Usa, 22 milioni di disoccupati in un mese per la pandemia
Altre 5,2 milioni di richieste di sussidi la scorsa settimana. Licenziamenti tra chi lavora in remoto. Trump spinge per riaprire, le imprese lo invitano alla cautela
di Marco Valsania
4' di lettura
NEW YORK - I disoccupati americani a causa della pandemia salgono a 22 milioni: una nuova ondata-shock di 5,245 milioni di richieste di sussidi, nella settimana terminata l’11 aprile, si è sommata alle quasi 17 milioni di domande nelle tre settimane precedenti .
La California, come già nei precedenti dati, è lo stato con il maggior numero di nuovi senza lavoro, un esercito di 660.996. New York segue con 395.949, la Georgia con 317.596 e il Michigan 219.320. Il vecchio record settimanale di richieste di sussidi era di 2,7 milioni nell’ormai lontano 1982.
Disoccupazione al 20%
Oltre il 90% degli Stati Uniti e una percentuale simile del Pil rimane sotto l’assedio del coronavirus, colpito dalla paralisi del business ordinata per cercare di contenere il contagio. Le stime degli analisti temono tassi di disoccupazione che potrebbero raggiungere e forse superare il 20%, in un clima da Grande Depressione. I numeri delle domande di sussidi, secondo numerosi analisti, potrebbero rimanere molto elevati ancora per settimane.
Nuovi licenziamenti tra chi lavora da casa
Nuovi licenziamenti, dopo aver colpito anzitutto settori più direttamente esposti al virus quali viaggi, turismo, retail e ristorazione, stanno cominciando a scattare ampiamente in altri settori, tra colletti bianchi che inizialmente avevano potuto continuare a lavorare da casa e in modalità remote, una ripercussione provocata del crollo a questo punto generalizzato delle attività.
«Il deterioramento delle condizioni sul mercato del lavoro è stato rapido e drammatico», ha commentato Mickey Levy di Berenberg, aggiungendo che qualunque miglioramento in futuro, oltretutto, «sarà debole». Levy cita come controprova del continuo peggioramento in vista un declino solo leggero nelle ricerche online su Google legate ai “sussidi di disoccupazione”, che rimangono «elevate». Secondo le sue stime il tasso di disoccupazione si sta già avvicinando adesso al 20 per cento.
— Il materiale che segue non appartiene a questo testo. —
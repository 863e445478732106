ghost use Rattle.std.specs.Prelude.{◌≡◌, List};
ghost use Rattle.gate_model.specs.declared.instr.Instr.{Instr};

use crate::Instr;
use std::marker::Model;

/// Instructions that the gateway sends, in order; contracts see the list.
#[derive(Drop)]
pub struct Instrs {
    held: Vec<Instr>,
}

impl Model for Instrs {
    ghost Value = { List Instr };

    ghost view = { λ s. s.held.items };
}

impl Instrs {
    /// The list of the vector's items.
    pub fn of(value: Vec<Instr>) -> Instrs
        ensures { result ≡ value.items }
    {
        Instrs { held: value }
    }

    /// The vector that holds the list. It takes no memory.
    pub fn into_inner(self) -> Vec<Instr>
        ensures { result.items ≡ self }
    {
        self.held
    }

    /// The items, lent.
    pub fn as_slice(&self) -> &[Instr]
        ensures { result.now ≡ self.now }
    {
        &self.held
    }
}
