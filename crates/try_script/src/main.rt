//! The program `try_script`: it runs the commands of guacgate on rows that stand in files, and tells
//! which of them give something else than their files say.
//!
//! Its words are the names of files, whose form `src/reading.rt` tells. It prints `FILE: N rows` for
//! each, and before it a line for each row that gives something else.
#![tactic(auto)]

mod draft;
mod reading;
mod row;
mod running;
mod sweeping;
mod turns;

use crate::reading::read_rows;
use crate::row::Row;
use crate::running::difference;
use crate::sweeping::swept;
use anyhow::{Context, Result};
use std::alloc::Global;
use std::rt::{Env, Files};
use std::{env, fs};

fn main(rt: HostRuntime) -> Result<()> {
    run(&rt)
}

fn run(rt: &(impl AllocGlobal + Env + Files + Print)) -> Result<()> {
    for name in env::args(rt)?.skip(1) {
        run_file(rt, name.as_str()).context(format_args!("{name}"))?;
    }
    Ok(())
}

fn run_file(rt: &(impl AllocGlobal + Files + Print), name: &str) -> Result<()> {
    let text = fs::read_to_string(rt, name)?;
    let rows = read_rows(rt.alloc(), text.as_str())?;
    for row in rows.iter() {
        if let Some(found) = found_in(rt.alloc(), row)? {
            let title = row.title.as_str();
            println!(rt; "{name}: {title}: {found}")?;
        }
    }
    let count = rows.len();
    println!(rt; "{name}: {count} rows")?;
    Ok(())
}

// What the row gives, where it isn't what it has to give.
fn found_in(alloc: Global, row: &Row) -> Result<Option<String>> {
    match row.sweep {
        Some(sweep) => swept(alloc, row, sweep),
        None => difference(alloc, row),
    }
}
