/// How many key acts of a write count: those of a viewer who may type, and those of another.
#[derive(Clone, Copy, Debug, PartialEq, Eq)]
pub struct Written {
    pub keys: u32,
    pub denied: u32,
}
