/// What a session lets joiners do (this project's own rule).
#[derive(Clone, Copy, Debug, PartialEq, Eq)]
pub enum Share {
    /// Nobody joins but the owner and recorders.
    Nobody,
    /// Joiners look on.
    View,
    /// Joiners may ask to type.
    Control,
}

/// What a joiner asks for. Who calls sees to it that only a session's creator asks as `Owner`, and only a
/// recorder as `Keep`.
#[derive(Clone, Copy, Debug, PartialEq, Eq)]
pub enum Asked {
    Owner,
    Control,
    View,
    Keep,
}

/// What a viewer may do: type, look on, or record.
#[derive(Clone, Copy, Debug, PartialEq, Eq)]
pub enum Role {
    Control,
    View,
    Keep,
}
Anche l’ultimo Beige Book della Federal Reserve, fotografia dettagliata dell’economia su base territoriale rilasciato mercoledì 15, descrive un outlook caratterizzato da «altri tagli ai posti di lavoro nei prossimi mesi».
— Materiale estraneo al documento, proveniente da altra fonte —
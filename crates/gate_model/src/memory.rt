use std::alloc::{AllocError, AllocFailed};

/// Want of memory: an allocation was refused. The one answer that may come at any time, and always
/// the last that a call looks at (this project's own rule).
#[derive(Clone, Copy, Debug, PartialEq, Eq)]
pub struct NoMemory;

impl From<AllocError> for NoMemory {
    fn from(_refused: AllocError) -> NoMemory {
        NoMemory
    }
}

impl<T: Drop> From<AllocFailed<T>> for NoMemory {
    fn from(_refused: AllocFailed<T>) -> NoMemory {
        NoMemory
    }
}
Segni di continui rovesci economici arrivano anche dai bilanci trimestrali della Corporate America, dove le grandi banche hanno accantonato oltre venti miliardi a riserva a fronte di perdite su prestiti che secondo una stima di Citi potrebbero arrivare a 300 miliardi.
Aiuti ancora imbrigliati
Per sostenere imprese e famiglie, Washington ha varato piani di soccorso d’emergenza da oltre duemila miliardi di dollari che stanno cominciando a far arrivare assegni di disoccupazione maggiorati di 600 dollari a settimana. Ma per adesso sono attivi in 29 stati su 50 mentre nel resto del Paese si registrano tuttora ritardi legati a sistemi di gestione considerati troppo antiquati per reggere allo shock. Presto dovrebbero inoltre arrivare assegni di sostegno al reddito familiare, fino a 1.200 dollari a persona e a 2.400 dollari a coppia. Piccole e medie aziende, che impiegano buona parte della forza lavoro americana, hanno inviato nel frattempo richieste di aiuti che hanno di fatto esaurito il fondo federale da circa 350 miliardi stanziato a questo scopo, mentre il Congresso fatica a approvare ulteriori risorse a causa dei contrasti tra repubblicani e democratici sull’ampiezza del pacchetto, con l’opposizione che chiede anche maggiori finanziamenti per sanità e stati.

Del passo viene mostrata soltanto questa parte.